Data entries
BEGIN

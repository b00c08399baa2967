// A text that is handed out piece by piece.
ghost use Rattle.std.specs.Prelude.{◌≡◌, ℕ, List, ◌≤◌, length, take, drop};
ghost use Rattle.text.specs.Pieces.{Counts, Piece};

// A cursor in the text that a file makes: what is still to come, and the next piece of it.
pub trait Pieces {
    // The text still to come from a cursor, of a file.
    ghost to_come: { List ℕ → Self → List ℕ };
    // No line of it is longer.
    ghost longest: { ℕ };

    // Writes the next piece to the front of a buffer, and goes past it. Bytes behind the piece keep their content.
    fn piece(&mut self, file: &[u8], out: &mut [u8]) -> usize
        ensures counts { Counts result out.new }
        ensures piece { Piece (to_come file.now) longest self.old self.new (take result out.new) (length out.new) }
        ensures rest { drop result out.new ≡ drop result out.old };

    // So a buffer of 64 KiB has room for every line, and an empty piece in it is the end of the text.
    ghost fits: { longest ≤ 65536 };
}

END

**Required action**
Check each line of the data above, and please copy the ones in which the string "List" occurs.

**Task output**
ghost use Rattle.std.specs.Prelude.{◌≡◌, ℕ, List, ◌≤◌, length, take, drop};
    ghost to_come: { List ℕ → Self → List ℕ };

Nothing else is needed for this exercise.